### WORK REQUIRED
Of all the lines in the records below, copy only those that contain the string "Prelude".
==*==
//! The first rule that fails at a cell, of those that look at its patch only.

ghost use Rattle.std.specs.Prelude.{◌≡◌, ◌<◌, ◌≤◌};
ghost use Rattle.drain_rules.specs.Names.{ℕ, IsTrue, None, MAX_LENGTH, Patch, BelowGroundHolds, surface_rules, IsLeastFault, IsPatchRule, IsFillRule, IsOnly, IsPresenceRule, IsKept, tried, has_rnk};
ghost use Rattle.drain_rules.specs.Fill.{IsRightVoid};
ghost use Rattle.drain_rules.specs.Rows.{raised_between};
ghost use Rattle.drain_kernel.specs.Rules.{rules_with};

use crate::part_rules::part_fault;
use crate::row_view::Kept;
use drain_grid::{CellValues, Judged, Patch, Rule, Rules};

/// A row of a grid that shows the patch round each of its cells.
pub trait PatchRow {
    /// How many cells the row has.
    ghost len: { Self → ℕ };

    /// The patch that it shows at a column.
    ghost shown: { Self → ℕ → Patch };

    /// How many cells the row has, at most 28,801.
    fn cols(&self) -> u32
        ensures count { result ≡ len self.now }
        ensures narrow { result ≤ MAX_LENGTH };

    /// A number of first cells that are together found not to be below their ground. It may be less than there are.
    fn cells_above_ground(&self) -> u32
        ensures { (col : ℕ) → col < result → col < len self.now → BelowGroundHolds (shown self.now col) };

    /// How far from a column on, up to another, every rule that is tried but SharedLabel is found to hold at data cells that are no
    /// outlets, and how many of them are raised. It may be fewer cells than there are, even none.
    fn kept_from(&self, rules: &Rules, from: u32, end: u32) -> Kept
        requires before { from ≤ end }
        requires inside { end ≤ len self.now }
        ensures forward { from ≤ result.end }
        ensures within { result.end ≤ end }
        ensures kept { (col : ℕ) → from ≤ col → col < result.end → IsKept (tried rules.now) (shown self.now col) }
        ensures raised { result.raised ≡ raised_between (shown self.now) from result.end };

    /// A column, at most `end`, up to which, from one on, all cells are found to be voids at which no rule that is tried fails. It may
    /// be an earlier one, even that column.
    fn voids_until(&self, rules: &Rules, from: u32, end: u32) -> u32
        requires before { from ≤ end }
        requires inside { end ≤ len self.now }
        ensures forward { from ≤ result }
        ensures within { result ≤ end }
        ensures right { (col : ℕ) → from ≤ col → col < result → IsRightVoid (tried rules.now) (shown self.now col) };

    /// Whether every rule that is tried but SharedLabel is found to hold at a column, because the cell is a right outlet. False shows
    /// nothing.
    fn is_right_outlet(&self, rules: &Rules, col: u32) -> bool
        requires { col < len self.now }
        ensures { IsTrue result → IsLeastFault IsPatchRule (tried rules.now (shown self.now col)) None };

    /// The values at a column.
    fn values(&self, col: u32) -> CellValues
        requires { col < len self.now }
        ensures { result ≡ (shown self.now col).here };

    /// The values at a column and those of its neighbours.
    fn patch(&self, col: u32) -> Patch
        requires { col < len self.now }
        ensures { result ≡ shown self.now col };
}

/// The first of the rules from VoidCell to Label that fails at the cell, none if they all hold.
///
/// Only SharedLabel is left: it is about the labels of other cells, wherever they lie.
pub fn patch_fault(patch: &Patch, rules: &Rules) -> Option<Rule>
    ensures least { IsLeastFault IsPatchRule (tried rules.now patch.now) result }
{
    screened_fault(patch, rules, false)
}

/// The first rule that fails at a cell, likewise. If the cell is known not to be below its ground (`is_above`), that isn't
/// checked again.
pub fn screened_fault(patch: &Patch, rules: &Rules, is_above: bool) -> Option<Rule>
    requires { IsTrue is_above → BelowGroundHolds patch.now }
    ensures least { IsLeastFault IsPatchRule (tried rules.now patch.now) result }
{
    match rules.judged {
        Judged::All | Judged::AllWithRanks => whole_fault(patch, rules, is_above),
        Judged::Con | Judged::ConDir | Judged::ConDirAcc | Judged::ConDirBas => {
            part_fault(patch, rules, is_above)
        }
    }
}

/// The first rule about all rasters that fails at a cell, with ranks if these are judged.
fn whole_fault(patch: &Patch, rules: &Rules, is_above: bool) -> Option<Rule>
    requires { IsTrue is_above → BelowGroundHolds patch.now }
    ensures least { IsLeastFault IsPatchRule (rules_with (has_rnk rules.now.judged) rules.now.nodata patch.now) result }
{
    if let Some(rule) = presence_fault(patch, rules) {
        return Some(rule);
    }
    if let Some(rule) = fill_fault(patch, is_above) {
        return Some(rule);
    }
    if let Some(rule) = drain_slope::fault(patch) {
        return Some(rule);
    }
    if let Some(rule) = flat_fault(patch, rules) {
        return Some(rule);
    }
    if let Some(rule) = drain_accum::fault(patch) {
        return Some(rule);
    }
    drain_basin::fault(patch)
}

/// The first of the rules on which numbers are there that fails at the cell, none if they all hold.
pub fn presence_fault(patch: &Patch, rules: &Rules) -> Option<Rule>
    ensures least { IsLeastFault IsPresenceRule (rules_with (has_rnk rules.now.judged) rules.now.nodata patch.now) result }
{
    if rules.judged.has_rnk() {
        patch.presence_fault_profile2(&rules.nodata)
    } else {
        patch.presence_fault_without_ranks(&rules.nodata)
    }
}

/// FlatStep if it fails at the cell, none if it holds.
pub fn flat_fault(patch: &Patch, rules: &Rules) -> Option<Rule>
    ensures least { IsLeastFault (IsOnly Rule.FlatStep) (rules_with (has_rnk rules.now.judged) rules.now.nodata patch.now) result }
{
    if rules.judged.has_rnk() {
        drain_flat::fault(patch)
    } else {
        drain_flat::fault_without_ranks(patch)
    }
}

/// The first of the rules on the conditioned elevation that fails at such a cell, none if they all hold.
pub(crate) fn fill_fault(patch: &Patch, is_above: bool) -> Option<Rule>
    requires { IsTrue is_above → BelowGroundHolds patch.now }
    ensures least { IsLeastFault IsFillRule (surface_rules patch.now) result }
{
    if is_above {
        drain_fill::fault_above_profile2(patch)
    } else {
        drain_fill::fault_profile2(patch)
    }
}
==*==
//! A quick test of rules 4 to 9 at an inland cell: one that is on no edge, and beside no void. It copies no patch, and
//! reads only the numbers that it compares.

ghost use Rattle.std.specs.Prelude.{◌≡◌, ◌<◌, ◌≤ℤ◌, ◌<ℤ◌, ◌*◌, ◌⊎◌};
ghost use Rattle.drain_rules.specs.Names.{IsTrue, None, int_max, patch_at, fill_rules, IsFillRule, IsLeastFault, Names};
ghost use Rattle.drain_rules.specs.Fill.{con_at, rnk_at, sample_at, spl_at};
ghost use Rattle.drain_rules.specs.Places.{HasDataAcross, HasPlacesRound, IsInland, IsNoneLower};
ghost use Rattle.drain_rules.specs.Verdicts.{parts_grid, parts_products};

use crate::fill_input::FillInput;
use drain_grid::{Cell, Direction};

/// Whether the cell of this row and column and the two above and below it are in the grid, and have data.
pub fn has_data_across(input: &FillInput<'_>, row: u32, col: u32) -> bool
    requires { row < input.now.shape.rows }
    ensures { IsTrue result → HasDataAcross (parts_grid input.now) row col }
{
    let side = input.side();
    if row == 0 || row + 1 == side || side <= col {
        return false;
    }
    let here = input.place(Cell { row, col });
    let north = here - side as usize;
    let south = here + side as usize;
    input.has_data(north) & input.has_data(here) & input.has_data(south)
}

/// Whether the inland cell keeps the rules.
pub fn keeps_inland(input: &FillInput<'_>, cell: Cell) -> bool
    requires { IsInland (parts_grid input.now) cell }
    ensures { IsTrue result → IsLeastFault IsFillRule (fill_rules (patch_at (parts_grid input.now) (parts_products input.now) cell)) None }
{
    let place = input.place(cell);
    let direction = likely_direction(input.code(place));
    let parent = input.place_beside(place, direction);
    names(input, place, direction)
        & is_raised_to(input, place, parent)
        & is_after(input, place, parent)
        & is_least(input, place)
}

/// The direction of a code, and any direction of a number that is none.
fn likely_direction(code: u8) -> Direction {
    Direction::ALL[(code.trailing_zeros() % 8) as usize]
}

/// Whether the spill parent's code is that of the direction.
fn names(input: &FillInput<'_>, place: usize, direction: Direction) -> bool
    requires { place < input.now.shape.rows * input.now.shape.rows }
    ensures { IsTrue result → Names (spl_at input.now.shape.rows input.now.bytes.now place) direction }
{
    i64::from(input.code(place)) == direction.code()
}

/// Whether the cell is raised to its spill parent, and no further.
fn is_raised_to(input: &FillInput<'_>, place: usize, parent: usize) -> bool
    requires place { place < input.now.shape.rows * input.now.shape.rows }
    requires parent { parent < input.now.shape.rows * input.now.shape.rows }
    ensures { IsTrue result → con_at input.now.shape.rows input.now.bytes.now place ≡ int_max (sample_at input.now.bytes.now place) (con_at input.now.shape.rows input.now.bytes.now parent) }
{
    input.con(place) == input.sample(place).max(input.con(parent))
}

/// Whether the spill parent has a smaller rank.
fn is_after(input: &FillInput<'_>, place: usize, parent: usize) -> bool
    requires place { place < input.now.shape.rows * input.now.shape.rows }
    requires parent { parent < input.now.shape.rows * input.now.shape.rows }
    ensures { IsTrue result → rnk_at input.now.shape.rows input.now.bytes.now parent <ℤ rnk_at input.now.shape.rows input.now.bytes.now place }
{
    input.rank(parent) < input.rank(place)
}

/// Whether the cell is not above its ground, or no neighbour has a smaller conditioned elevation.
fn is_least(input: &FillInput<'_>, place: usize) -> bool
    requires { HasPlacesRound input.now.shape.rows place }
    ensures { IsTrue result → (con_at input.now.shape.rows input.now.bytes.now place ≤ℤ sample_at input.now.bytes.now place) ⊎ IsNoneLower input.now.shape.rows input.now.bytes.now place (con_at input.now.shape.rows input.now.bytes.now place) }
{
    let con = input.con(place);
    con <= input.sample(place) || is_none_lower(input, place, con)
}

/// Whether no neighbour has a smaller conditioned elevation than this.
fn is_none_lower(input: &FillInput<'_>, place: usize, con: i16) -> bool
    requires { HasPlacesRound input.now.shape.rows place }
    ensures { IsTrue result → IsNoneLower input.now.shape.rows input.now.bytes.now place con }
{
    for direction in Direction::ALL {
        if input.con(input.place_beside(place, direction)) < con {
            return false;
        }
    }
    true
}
==*==
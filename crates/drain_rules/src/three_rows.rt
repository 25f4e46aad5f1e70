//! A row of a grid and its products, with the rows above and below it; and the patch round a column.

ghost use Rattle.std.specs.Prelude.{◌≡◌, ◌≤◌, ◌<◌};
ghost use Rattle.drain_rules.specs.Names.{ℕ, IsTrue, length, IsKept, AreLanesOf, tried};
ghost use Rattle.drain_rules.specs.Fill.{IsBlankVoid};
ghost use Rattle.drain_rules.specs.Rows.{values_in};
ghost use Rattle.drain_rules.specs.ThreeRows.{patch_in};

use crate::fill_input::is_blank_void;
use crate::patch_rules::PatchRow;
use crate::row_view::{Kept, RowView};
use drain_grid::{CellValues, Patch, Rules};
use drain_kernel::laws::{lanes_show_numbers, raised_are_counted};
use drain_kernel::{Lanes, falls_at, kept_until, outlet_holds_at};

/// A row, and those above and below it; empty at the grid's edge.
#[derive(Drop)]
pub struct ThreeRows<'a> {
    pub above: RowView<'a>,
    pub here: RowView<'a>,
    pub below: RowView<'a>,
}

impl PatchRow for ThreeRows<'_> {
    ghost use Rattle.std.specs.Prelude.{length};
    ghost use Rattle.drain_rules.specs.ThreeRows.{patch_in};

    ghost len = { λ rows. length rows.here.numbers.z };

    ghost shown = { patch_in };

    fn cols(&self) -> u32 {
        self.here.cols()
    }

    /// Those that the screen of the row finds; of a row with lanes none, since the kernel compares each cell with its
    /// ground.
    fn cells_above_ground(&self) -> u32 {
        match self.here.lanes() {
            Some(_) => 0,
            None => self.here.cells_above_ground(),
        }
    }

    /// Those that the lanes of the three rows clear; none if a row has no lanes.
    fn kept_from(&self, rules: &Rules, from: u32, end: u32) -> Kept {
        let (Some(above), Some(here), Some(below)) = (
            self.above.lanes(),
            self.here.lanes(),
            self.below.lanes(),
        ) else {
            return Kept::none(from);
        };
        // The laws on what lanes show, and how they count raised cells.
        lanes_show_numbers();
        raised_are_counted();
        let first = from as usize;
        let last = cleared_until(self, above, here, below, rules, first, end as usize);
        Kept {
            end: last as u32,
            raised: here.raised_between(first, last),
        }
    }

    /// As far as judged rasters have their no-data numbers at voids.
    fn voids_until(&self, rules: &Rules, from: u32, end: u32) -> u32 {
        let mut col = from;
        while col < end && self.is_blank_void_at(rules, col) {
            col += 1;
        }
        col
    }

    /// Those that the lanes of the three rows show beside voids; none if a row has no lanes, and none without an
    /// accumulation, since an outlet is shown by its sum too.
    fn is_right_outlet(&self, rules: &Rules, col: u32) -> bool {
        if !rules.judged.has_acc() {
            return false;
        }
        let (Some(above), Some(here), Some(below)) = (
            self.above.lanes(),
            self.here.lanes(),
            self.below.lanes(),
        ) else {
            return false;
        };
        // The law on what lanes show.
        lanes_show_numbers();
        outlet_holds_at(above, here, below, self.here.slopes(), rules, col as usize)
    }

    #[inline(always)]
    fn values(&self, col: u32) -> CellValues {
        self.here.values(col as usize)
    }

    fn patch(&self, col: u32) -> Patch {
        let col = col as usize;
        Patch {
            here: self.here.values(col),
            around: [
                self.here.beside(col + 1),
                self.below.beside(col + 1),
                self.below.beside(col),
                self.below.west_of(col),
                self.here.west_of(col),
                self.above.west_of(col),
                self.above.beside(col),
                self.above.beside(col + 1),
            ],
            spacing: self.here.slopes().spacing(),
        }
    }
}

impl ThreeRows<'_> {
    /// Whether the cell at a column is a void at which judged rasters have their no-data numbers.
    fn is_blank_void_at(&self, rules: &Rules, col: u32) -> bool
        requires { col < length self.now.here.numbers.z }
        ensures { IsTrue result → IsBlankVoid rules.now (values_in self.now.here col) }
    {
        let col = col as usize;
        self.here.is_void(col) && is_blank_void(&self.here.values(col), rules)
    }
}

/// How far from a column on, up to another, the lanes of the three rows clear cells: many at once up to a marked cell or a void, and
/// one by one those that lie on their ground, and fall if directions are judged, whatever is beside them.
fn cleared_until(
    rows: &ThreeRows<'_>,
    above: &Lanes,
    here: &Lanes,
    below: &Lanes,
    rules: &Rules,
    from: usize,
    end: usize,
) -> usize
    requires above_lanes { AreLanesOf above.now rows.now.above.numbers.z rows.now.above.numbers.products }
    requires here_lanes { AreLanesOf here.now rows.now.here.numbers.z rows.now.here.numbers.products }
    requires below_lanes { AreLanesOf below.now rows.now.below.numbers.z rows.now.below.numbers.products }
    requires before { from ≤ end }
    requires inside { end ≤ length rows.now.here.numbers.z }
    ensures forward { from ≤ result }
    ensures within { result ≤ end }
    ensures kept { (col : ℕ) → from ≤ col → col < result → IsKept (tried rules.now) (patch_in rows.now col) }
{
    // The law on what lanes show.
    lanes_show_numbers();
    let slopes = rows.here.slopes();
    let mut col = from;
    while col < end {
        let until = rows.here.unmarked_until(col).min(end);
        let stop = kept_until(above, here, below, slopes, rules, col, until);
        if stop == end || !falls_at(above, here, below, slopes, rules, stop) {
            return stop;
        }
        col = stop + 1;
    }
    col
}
==*==
### SOLUTION
ghost use Rattle.std.specs.Prelude.{◌≡◌, ◌<◌, ◌≤◌};
ghost use Rattle.std.specs.Prelude.{◌≡◌, ◌<◌, ◌≤ℤ◌, ◌<ℤ◌, ◌*◌, ◌⊎◌};
ghost use Rattle.std.specs.Prelude.{◌≡◌, ◌≤◌, ◌<◌};
    ghost use Rattle.std.specs.Prelude.{length};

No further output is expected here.